Outro problema enfrentado pelos quilombolas era o fato de o uso de um sistema rudimentar de "arrastão" vitimar muitos pescadores. No "arrastão" era usada uma rede de arame grosso de 500 a 700 metros de comprimento e 2,5 metros de altura que, estendendo-se de um lado a outro da lagoa, impunha que 40 homens a puxassem. Outros homens funcionavam como mergulhadores para desenganchar a rede quando necessário. Todo esse processo, aliado à falta de material de proteção, tornava comuns os acidentes, principalmente com dentadas de piranhas e esporões de mandis que perfuravam os pés dos pescadores. A maioria deles carrega até hoje as cicatrizes daqueles dolorosos acidentes. No entanto, com a proibição do uso do "arrastão" pelo IBAMA, ao menos esses perigos a que estavam submetidos os quilombolas cessaram.

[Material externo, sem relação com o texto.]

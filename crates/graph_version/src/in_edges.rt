//! The edges of a version that lead to a vertex.

ghost use Rattle.std.specs.Prelude.{◌≡◌};
ghost use Rattle.graph_version.specs.Rows.{blocks_of};
ghost use Rattle.graph_version.specs.Edges.{edges_in_blocks};
ghost use Rattle.graph_version.specs.InEdges.{edges_into};

use crate::edges::{RowBlocks, sourced};
use crate::rows::Rows;
use graph_types::{Edge, VertexId};

/// The edges of a version that lead to a vertex and are still to come, in the order of all edges. Each block has one kind and
/// lists a target once, so it has one of them at most.
#[derive(Drop)]
pub struct InEdgeIter<'a> {
    pub(crate) blocks: RowBlocks<'a>,
    pub(crate) target: VertexId,
}

impl<'a> InEdgeIter<'a> {
    ghost use Rattle.graph_version.specs.InEdges.{into_left};

    /// All edges that lead to a vertex.
    pub(crate) fn over(rows: &'a Rows, target: VertexId) -> InEdgeIter<'a>
        ensures { into_left result ≡ edges_into target.0 (edges_in_blocks (blocks_of rows.now)) }
    {
        InEdgeIter {
            blocks: RowBlocks::over(rows),
            target,
        }
    }
}

impl<'a> Iterator for InEdgeIter<'a> {
    ghost use Rattle.std.specs.Iterator.{YieldsFirst, item_count};
    ghost use Rattle.graph_version.specs.InEdges.{into_left};

    type Item = Edge;

    ghost next_gives = { YieldsFirst into_left };

    ghost remaining = { item_count into_left };

    fn next(&mut self) -> Option<Edge> {
        loop {
            let block = self.blocks.next()?;
            if let Some(edge) = block.find(self.target.0) {
                return Some(sourced(block.source(), edge));
            }
        }
    }
}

OUTRAS ATIVIDADES ECONÔMICAS

A agricultura também tem importância para os membros da comunidade, assim como o pastoreio. Tradicionalmente, o feijão, o milho e a mandioca eram as principais culturas dos quilombolas de Parateca e Pau D'Arco.

No passado, a caça, hoje ilegal, também tinha papel relevante para as comunidades. Ainda que vigiada pelo Ibama, até fins da década de 1990 tinha-se notícia da prática eventual da caça em pequena escala com o intuito de garantir a alimentação.

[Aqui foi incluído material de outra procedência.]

//! The version and its calls.

ghost use Rattle.std.specs.Prelude.{◌≡◌, ◌<◌, ◌≤◌, ◌*◌, ◌%◌, ◌^◌, ◌++◌, ◌∷◌, [], true, All, List, length, IfSome, IsTrue, MatchOption, SomeIff};
ghost use Rattle.std.specs.Option.{option_map};
ghost use Rattle.graph_types.specs.Graph.{IsContentIn, graph_in, stamp_of};
ghost use Rattle.graph_types.specs.Limits.{AreLimits, IsWeightIn};
ghost use Rattle.graph_types.specs.{Answer.is_listed, Step.number_of};
ghost use Rattle.graph_types.specs.declared.batches.NamedOp.{NamedOp};
ghost use Rattle.edge_block.specs.{Lending.lent_edge, Slots.IsStamp};
ghost use Rattle.graph_version.specs.Rows.{row_of, blocks_of, numbers_of};
ghost use Rattle.graph_version.specs.Sharing.{block_values};
ghost use Rattle.graph_version.specs.Ages.{IsNextOld, old_blocks};
ghost use Rattle.graph_version.specs.Versions.{IsVersion, empty_version, empty_version_in, content};
ghost use Rattle.edge_block.specs.Rows.{shape_of, block_at};
ghost use Rattle.graph_version.specs.Edges.{lent_to, edges_in_blocks, AreEachOnce};
ghost use Rattle.graph_version.specs.LentEdges.{edges_to_come};
ghost use Rattle.graph_version.specs.InEdges.{edges_into, into_left};
ghost use Rattle.graph_version.specs.Kept.{vertex_book, kind_book, edge_total};
ghost use Rattle.graph_version.specs.Logs.{keeps_batches};

use crate::batch_log::{BatchLog, keeps_batches};
use crate::batches::BatchIter;
use crate::edges::EdgeIter;
use crate::in_edges::InEdgeIter;
use crate::lending::{BlockNumbers, RowIter};
use crate::opening::Opening;
use crate::row::old_blocks_in;
use crate::rows::Rows;
use edge_block::{Block, EdgeRef};
use graph_types::{Batch, Content, KindId, Limits, VertexId};
use std::alloc::Global;
use std::fmt;
use std::marker::Model;
use std::sync::Arc;
use vertex_names::NameBook;

/// A graph after some batches. It never changes.
///
/// A version's rows, batches and names are shared with the versions before and after it but where a batch changed
/// them. It is dropped in time linear in what it alone holds.
pub struct Version {
    pub(crate) opening: Opening,
    pub(crate) names: NameBook,
    pub(crate) kinds: NameBook,
    pub(crate) batches: BatchLog,
    pub(crate) rows: Rows,
    pub(crate) edges: u64,
}

// Written by hand: a graph's number and counts, and not its edges.
impl fmt::Debug for Version {
    fn fmt<F: fmt::Write>(&self, f: &mut fmt::Formatter<F>) -> fmt::Result {
        f.debug_struct("Version")
            .field("number", &self.number())
            .field("vertices", &self.names.len())
            .field("kinds", &self.kinds.len())
            .field("edges", &self.edges)
            .finish_non_exhaustive()
    }
}

// Written by hand: who lets one go rests on this function, and not on how each part is let go.
impl Drop for Version {
    fn drop(self) {
        let Version {
            opening: _opening,
            names: _names,
            kinds: _kinds,
            batches: _batches,
            rows: _rows,
            edges: _edges,
        } = self;
    }
}

impl Model for Version {
    ghost use Rattle.graph_version.specs.Versions.{VersionView};
    ghost use Rattle.graph_version.specs.Kept.{version_of, opening_graph, IsSummary};
    ghost use Rattle.std.specs.Coded.{codes};
    ghost use Rattle.graph_types.specs.Coded.{graph_code};

    ghost Value = { VersionView };

    ghost coded = { Prim.hlevel (codes, graph_code) };

    ghost view = { λ v. version_of (opening_graph v.opening) v.batches.batches v.rows };

    ghost invariant = { λ v.
        IsSummary v.names v.kinds v.edges v.batches.keeps (version_of (opening_graph v.opening) v.batches.batches v.rows) };
}

impl Version {
    ghost use Rattle.graph_version.specs.BatchLending.{batches_left};
    ghost use Rattle.graph_version.specs.Lending.{lent_at, lent_in_blocks, row_left, numbers_left};

    /// The version without batches, under the standard limits: no name, no kind, no edge. It takes no memory.
    pub fn empty(alloc: Global) -> Version
        ensures { result ≡ empty_version }
    {
        Version::empty_within(alloc, Limits::standard())
    }

    /// The version without batches, under these limits. It takes no memory.
    ///
    /// ```
    /// let version = Version::empty_within(alloc, Limits::new(2_000_000, 4, 1_000_000)?);
    /// assert_eq!(rt; version.limits().names(), 2_000_000);
    /// ```
    pub fn empty_within(alloc: Global, limits: Limits) -> Version
        ensures { result ≡ empty_version_in limits }
    {
        Version {
            opening: Opening::empty(alloc, limits),
            names: NameBook::new(alloc, limits.names()),
            kinds: NameBook::new(alloc, limits.kinds()),
            batches: BatchLog::new(alloc, keeps_batches(limits)),
            rows: Rows::new(alloc),
            edges: 0,
        }
    }

    /// Its rows alone.
    pub(crate) fn into_rows(self) -> Rows
        ensures { result ≡ self.rows }
    {
        let Version {
            opening: _opening,
            names: _names,
            kinds: _kinds,
            batches: _batches,
            rows,
            edges: _edges,
        } = self;
        rows
    }

    /// What it began with, before its first batch: a content within the limits, with each edge listed once. It takes no memory.
    /// Where batches aren't kept, it is a content of no use.
    pub fn opening(&self) -> &Content
        ensures graph { keeps_batches self.now.opening.limits ≡ true
            → graph_in self.now.opening.limits result.now ≡ self.now.opening }
        ensures content { IsContentIn self.now.opening.limits result.now }
    {
        self.opening.content()
    }

    /// How many names, kinds and batches there may be, in this version and in each that follows it.
    pub fn limits(&self) -> Limits
        ensures limits { result ≡ (content self.now).limits }
        ensures opening { result ≡ self.now.opening.limits }
        ensures walls { AreLimits result }
        ensures version { IsVersion self.now }
    {
        self.opening.limits()
    }

    /// How many batches there are.
    pub fn number(&self) -> u64
        ensures number { result ≡ length self.now.batches }
        ensures version { IsVersion self.now }
    {
        self.batches.len()
    }

    /// Whether its batches are kept: under limits of fewer than 4,294,967,295 batches, as the standard ones. It takes no memory.
    ///
    /// ```
    /// let endless = Version::empty_within(alloc, Limits::new(65_536, 64, u32::MAX)?);
    /// assert!(rt; !endless.keeps_batches());
    /// ```
    pub fn keeps_batches(&self) -> bool
        ensures { result ≡ keeps_batches self.now.opening.limits }
    {
        self.batches.keeps()
    }

    /// Lends the batches, the first one first, where they are kept. Where they aren't, a version has its last batch alone, and
    /// lends none.
    pub fn batches(&self) -> BatchIter<'_>
        ensures { keeps_batches self.now.opening.limits ≡ true → batches_left result ≡ self.now.batches }
    {
        self.batches.iter()
    }

    /// The last batch.
    pub fn last_batch(&self) -> Option<&Batch>
        ensures batch { MatchOption result (self.now.batches ≡ [])
            (λ b. (others : List (List NamedOp)) × (self.now.batches ≡ others ++ b.now ∷ [])) }
        ensures version { IsVersion self.now }
    {
        self.batches.last()
    }

    /// The vertex names: a vertex's number is the place of its name.
    pub fn names(&self) -> &NameBook
        ensures names { result.now ≡ vertex_book (content self.now) }
        ensures version { IsVersion self.now }
    {
        &self.names
    }

    /// The kind names.
    pub fn kinds(&self) -> &NameBook
        ensures { result.now ≡ kind_book (content self.now) }
    {
        &self.kinds
    }

    /// The vertex of a name, if the name has appeared. It takes no memory.
    ///
    /// ```
    /// if let Some(source) = version.vertex("berlin") {
    ///     println!(&rt; "{}", version.out_edges(source).count())?;
    /// }
    /// ```
    #[tactic(auto, using(graph_types::proofs::ListedNames::listed_below))]
    pub fn vertex(&self, name: &str) -> Option<VertexId>
        ensures number { SomeIff (option_map (λ vertex. vertex.0) result) (IsTrue (is_listed (content self.now).names name.now))
            (number_of (content self.now).names name.now) }
        ensures below { IfSome result (λ vertex. vertex.0 < length (content self.now).names) }
        ensures version { IsVersion self.now }
    {
        let number = self.names.number(name)?;
        Some(VertexId(number))
    }

    /// The kind of a name, if the name has appeared. It takes no memory.
    ///
    /// ```
    /// let edge = version.edge(version.kind("road")?, source, target)?;
    /// ```
    #[tactic(auto, using(graph_types::proofs::ListedNames::listed_below))]
    pub fn kind(&self, name: &str) -> Option<KindId>
        ensures number { SomeIff (option_map (λ kind. kind.0) result) (IsTrue (is_listed (content self.now).kinds name.now))
            (number_of (content self.now).kinds name.now) }
        ensures below { IfSome result (λ kind. kind.0 < length (content self.now).kinds) }
        ensures version { IsVersion self.now }
    {
        let number = self.kinds.number(name)?;
        // There are at most 64 kinds, so a kind's number has 8 bits.
        Some(KindId(number as u8))
    }

    /// How many edges there are. The number is kept, and no block is read.
    pub fn edge_count(&self) -> u64
        ensures edges { result ≡ edge_total self.now }
        ensures version { IsVersion self.now }
    {
        self.edges
    }

    /// How many blocks there are.
    pub fn block_count(&self) -> usize
        ensures { result ≡ length (blocks_of self.now.rows) }
    {
        blocks_in_rows(&self.rows)
    }

    /// The edge of a kind from a source to a target.
    pub fn edge(&self, kind: KindId, source: VertexId, target: VertexId) -> Option<EdgeRef<'_>>
        ensures edge { option_map lent_edge result ≡ lent_at self.now kind.0 source.0 target.0 }
        ensures in_range { IfSome result (λ edge. IsStamp (lent_edge edge).stamp) }
    {
        for block in self.rows.row_blocks(source) {
            if let Some(edge) = edge_in(block, kind, target) {
                return Some(edge);
            }
        }
        None
    }

    /// All edges by value: sources rising, and those of one source as [`Version::row`] lends them. It takes no memory, and time
    /// by the vertices and edges.
    ///
    /// ```
    /// for edge in version.edges() {
    ///     println!(&rt; "{} {} {}", edge.source.0, edge.target.0, edge.weight)?;
    /// }
    /// ```
    pub fn edges(&self) -> EdgeIter<'_>
        ensures edges { edges_to_come result ≡ edges_in_blocks (blocks_of self.now.rows) }
        ensures each_once { AreEachOnce (edges_to_come result) (content self.now) }
        ensures weights { All (λ edge. IsWeightIn (content self.now).limits.weight edge.weight) (edges_to_come result) }
    {
        EdgeIter::over(&self.rows)
    }

    /// The edges that leave a vertex by value, as [`Version::row`] lends them. It takes no memory.
    ///
    /// ```
    /// let edges = Vec::from_iter(alloc, version.out_edges(source))?;
    /// ```
    pub fn out_edges(&self, source: VertexId) -> EdgeIter<'_>
        ensures edges { edges_to_come result ≡ edges_in_blocks (row_of self.now.rows source.0) }
        ensures in_range { All (λ edge. IsStamp (stamp_of edge)) (edges_to_come result) }
        ensures weights { All (λ edge. IsWeightIn (content self.now).limits.weight edge.weight) (edges_to_come result) }
        ensures few { length (edges_to_come result) ≤ length (content self.now).names * length (content self.now).kinds }
        ensures version { IsVersion self.now }
    {
        EdgeIter::of_row(&self.rows, source)
    }

    /// The edges that lead to a vertex, in the order of [`Version::edges`]. It takes no memory. Blocks are kept by sources alone,
    /// so it looks once into each block of the version, however few of its edges lead there.
    ///
    /// ```
    /// for edge in version.in_edges(target) {
    ///     println!(&rt; "{} {}", edge.source.0, edge.weight)?;
    /// }
    /// ```
    pub fn in_edges(&self, target: VertexId) -> InEdgeIter<'_>
        ensures edges { into_left result ≡ edges_into target.0 (edges_in_blocks (blocks_of self.now.rows)) }
        ensures weights { All (λ edge. IsWeightIn (content self.now).limits.weight edge.weight) (into_left result) }
        ensures version { IsVersion self.now }
    {
        InEdgeIter::over(&self.rows, target)
    }

    /// Lends the edges that leave a vertex: blocks in row order, slots rising. There are so few of them, and each weight is so
    /// small, that a sum of all their weights is in the range of an `i64`.
    pub fn row(&self, source: VertexId) -> RowIter<'_>
        ensures lends { row_left result ≡ lent_in_blocks (row_of self.now.rows source.0) }
        ensures in_range { All (λ edge. IsStamp edge.stamp) (row_left result) }
        ensures weights { All (λ edge. IsWeightIn (content self.now).limits.weight edge.stamp.weight) (row_left result) }
        ensures few { length (row_left result) ≤ length (content self.now).names * length (content self.now).kinds }
        ensures version { IsVersion self.now }
    {
        RowIter::over(self.rows.row_blocks(source))
    }

    /// The blocks of a vertex's row, in row order.
    pub fn row_blocks(&self, source: VertexId) -> &[Arc<Block>]
        ensures blocks { block_values result.now ≡ row_of self.now.rows source.0 }
        ensures version { IsVersion self.now }
    {
        self.rows.row_blocks(source)
    }

    /// The next vertex, from one on, with a block in its row that has an edge that was last touched before a time.
    ///
    /// It takes time by the rows that have one, and not by all: bounds of the recent times of rows are kept. For example, where
    /// edges leave the vertices 2 and 7 alone, with the recent times 10 and 20, from 3 on there is none before 20, and one
    /// before 21, which is 7. A row of more than 64 blocks is looked through each time.
    pub fn next_old(&self, from: VertexId, time: u64) -> Option<VertexId>
        ensures { IsNextOld time self.now.rows from.0 result }
    {
        self.rows.next_old(from, time)
    }

    /// The next vertex as [`Version::next_old`] finds it, and how many blocks of its row have such an edge.
    pub fn next_old_row(&self, from: VertexId, time: u64) -> Option<(VertexId, usize)>
        ensures next { IsNextOld time self.now.rows from.0 (option_map (λ r. r.0) result) }
        ensures blocks { IfSome result (λ r. r.1 ≡ old_blocks time (row_of self.now.rows r.0.0)) }
        ensures version { IsVersion self.now }
    {
        match self.rows.next_old(from, time) {
            None => None,
            Some(source) => {
                let blocks = old_blocks_in(self.rows.row_blocks(source), time);
                Some((source, blocks))
            }
        }
    }

    /// The numbers of the blocks, row by row.
    pub fn blocks(&self) -> BlockNumbers<'_>
        ensures { numbers_left result ≡ numbers_of (blocks_of self.now.rows) }
    {
        BlockNumbers::over(&self.rows)
    }
}

/// How many blocks rows have, modulo 2^64.
fn blocks_in_rows(rows: &Rows) -> usize
    ensures { result ≡ length (blocks_of rows.now) % 2 ^ 64 }
{
    let mut blocks = 0_usize;
    for source in 0..rows.len() {
        blocks = blocks.wrapping_add(rows.row_blocks(VertexId(source as u32)).len());
    }
    blocks
}

/// A block's edge of a kind to a target.
fn edge_in(block: &Block, kind: KindId, target: VertexId) -> Option<EdgeRef<'_>>
    ensures edge { option_map lent_edge result ≡ lent_to kind.0 target.0 (block_at (shape_of block.now) (kind.0, target.0)) }
    ensures in_range { IfSome result (λ edge. IsStamp (lent_edge edge).stamp) }
{
    if block.kind() == kind {
        block.find(target.0)
    } else {
        None
    }
}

A prática da agricultura foi muito afetada pelas restrições impostas pelos fazendeiros, especialmente entre os anos de 1965 e 1995. Mas a partir de meados da década de 1990, os comunitários conseguiram retomar alguns cultivos. O sucesso da primeira safra de feijão, no período seguinte às primeiras conquistas das comunidades, foi um grande incentivo a essa retomada.

COMUNIDADE QUILOMBOLA

Existem comunidades quilombolas em pelo menos 24 estados do Brasil: Amazonas, Alagoas, Amapá, Bahia, Ceará, Espírito Santo, Goiás, Maranhão, Mato Grosso, Mato Grosso do Sul, Minas Gerais, Pará, Paraíba, Pernambuco, Paraná, Piauí, Rio de Janeiro, Rio Grande do Norte, Rio Grande do Sul, Rondônia, Santa Catarina, São Paulo, Sergipe e Tocantins.

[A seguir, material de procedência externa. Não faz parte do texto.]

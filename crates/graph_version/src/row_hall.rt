//! Halls of groups.

ghost use Rattle.std.specs.Prelude.{◌≡◌, ◌<◌, ◌≤◌, ◌*◌, [], IfOk, OnOk, MatchOption, length, replicate, slice_index_or, slice_set};
ghost use Rattle.graph_version.specs.RowGroups.{in_groups, AreGroups, filled};
ghost use Rattle.graph_version.specs.Ages.{AreYoung};

use crate::row::Row;
use crate::row_group::Group;
use std::alloc::{AllocError, Global};
use std::marker::Model;
use std::sync::Arc;

/// How many rows stand in one group.
const GROUP: usize = 1_024;

/// How many rows stand in one hall.
const HALL: usize = 65_536;

/// The rows of 65,536 sources that follow one another, in groups that versions share. Groups behind the last one that has a
/// row aren't there.
pub(crate) struct Hall {
    groups: Vec<Arc<Group>>,
}

// By hand, so that who lets one go need not take it apart.
impl Drop for Hall {
    fn drop(self) {
        let Hall { groups: _groups } = self;
    }
}

impl Model for Hall {
    ghost use Rattle.std.specs.Prelude.{◌≤◌, List, length};
    ghost use Rattle.edge_block.specs.Slots.{BlockView};
    ghost use Rattle.graph_version.specs.RowGroups.{AreGroups, filled};

    ghost Value = { List (List BlockView) };

    ghost view = { λ hall. filled hall.groups.items };

    ghost invariant = { λ hall. AreGroups hall.groups.items × (length hall.groups.items ≤ 64) };
}

impl Clone for Hall {
    ghost is_clone = { λ hall copy. copy ≡ hall };

    fn clone(&self) -> Result<Hall, AllocError> {
        Ok(Hall {
            groups: self.groups.clone()?,
        })
    }
}

impl Hall {
    /// So many empty rows. It takes no memory.
    pub(crate) fn blank(alloc: Global) -> Hall
        ensures { result ≡ replicate 65536 [] }
    {
        Hall {
            groups: Vec::new(alloc),
        }
    }

    /// The row at a place; behind the last group there is none, which is an empty one.
    pub(crate) fn row(&self, place: usize) -> Option<&Row>
        requires { place < 65536 }
        ensures { MatchOption result (slice_index_or self.now place [] ≡ []) (λ r. r.now ≡ slice_index_or self.now place []) }
    {
        match self.groups.get(place / GROUP) {
            None => None,
            Some(group) => Some(group.row(place % GROUP)),
        }
    }

    /// How many rows from a place on have no edge from before a time, as `Part::young_from`.
    pub(crate) fn young_from(&self, place: usize, time: u64) -> usize
        requires { place < 65536 }
        ensures { AreYoung time self.now place result }
    {
        match self.groups.get(place / GROUP) {
            None => HALL - place,
            Some(group) => group.young_from(place % GROUP, time),
        }
    }

    /// Writes a row at a place, into copies of its group, page and part where other versions have them.
    pub(crate) fn put(&mut self, alloc: Global, place: usize, row: Row) -> Result<(), AllocError>
        requires { place < 65536 }
        ensures rows { OnOk result (self.new ≡ slice_set self.old place row) }
        ensures length { length self.new ≡ 65536 }
    {
        add_groups(alloc, &mut self.groups, place / GROUP + 1)?;
        put_in_group(&mut self.groups, place, row)
    }
}

/// Adds groups of empty rows up to a count.
fn add_groups(alloc: Global, groups: &mut Vec<Arc<Group>>, count: usize) -> Result<(), AllocError>
    requires groups { AreGroups groups.old.items }
    requires few { length groups.old.items ≤ 64 }
    requires count { count ≤ 64 }
    ensures enough { OnOk result (count ≤ length groups.new.items) }
    ensures same { filled groups.new.items ≡ filled groups.old.items }
    ensures groups { AreGroups groups.new.items }
    ensures few { length groups.new.items ≤ 64 }
{
    while groups.len() < count {
        let group = Arc::new(alloc, Group::blank(alloc)?)?;
        groups.push(group)?;
    }
    Ok(())
}

/// Writes a row into its group, into a copy of the group where other versions have it.
fn put_in_group(groups: &mut Vec<Arc<Group>>, place: usize, row: Row) -> Result<(), AllocError>
    requires groups { AreGroups groups.old.items }
    requires few { length groups.old.items ≤ 64 }
    requires place { place < length groups.old.items * 1024 }
    ensures rows { OnOk result (in_groups groups.new.items ≡ slice_set (in_groups groups.old.items) place row) }
    ensures groups { AreGroups groups.new.items }
    ensures few { length groups.new.items ≤ 64 }
{
    Arc::make_mut(&mut groups[place / GROUP])?.put(place % GROUP, row)
}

O objetivo desta seção é apresentar um pouco da história e da vida dessas comunidades. Trata-se de um projeto em construção. Por enquanto ela contém informações a respeito das comunidades quilombolas dos estados da Bahia, Maranhão, Minas Gerais, Pará, Pernambuco, Rio Grande do Sul, São Paulo e Rio de Janeiro. Nossa meta é periodicamente incluir novas seções até que todos os estados sejam contemplados.

Os levantamentos mais recentes realizados por pesquisadores e militantes de organizações não governamentais indicam a existência de 300 a 500 comunidades quilombolas no Estado da Bahia. O Cadastro Geral de Remanescentes de Comunidades de Quilombos do governo federal registrava em outubro de 2006 a existência de 159 comunidades naquele estado.
Na Bahia, até outubro de 2006, quatro comunidades contavam com suas terras tituladas (ou ao menos parcialmente tituladas) pelo governo federal ou estadual: Barra, Bananal e Riacho das Pedras; Parateca e Pau D'Arco; Rio das Rãs; Mangal e Barro Vermelho.

A história de grande parte dos quilombos na Bahia é marcada por disputas e conflitos com os grandes proprietários e grileiros. 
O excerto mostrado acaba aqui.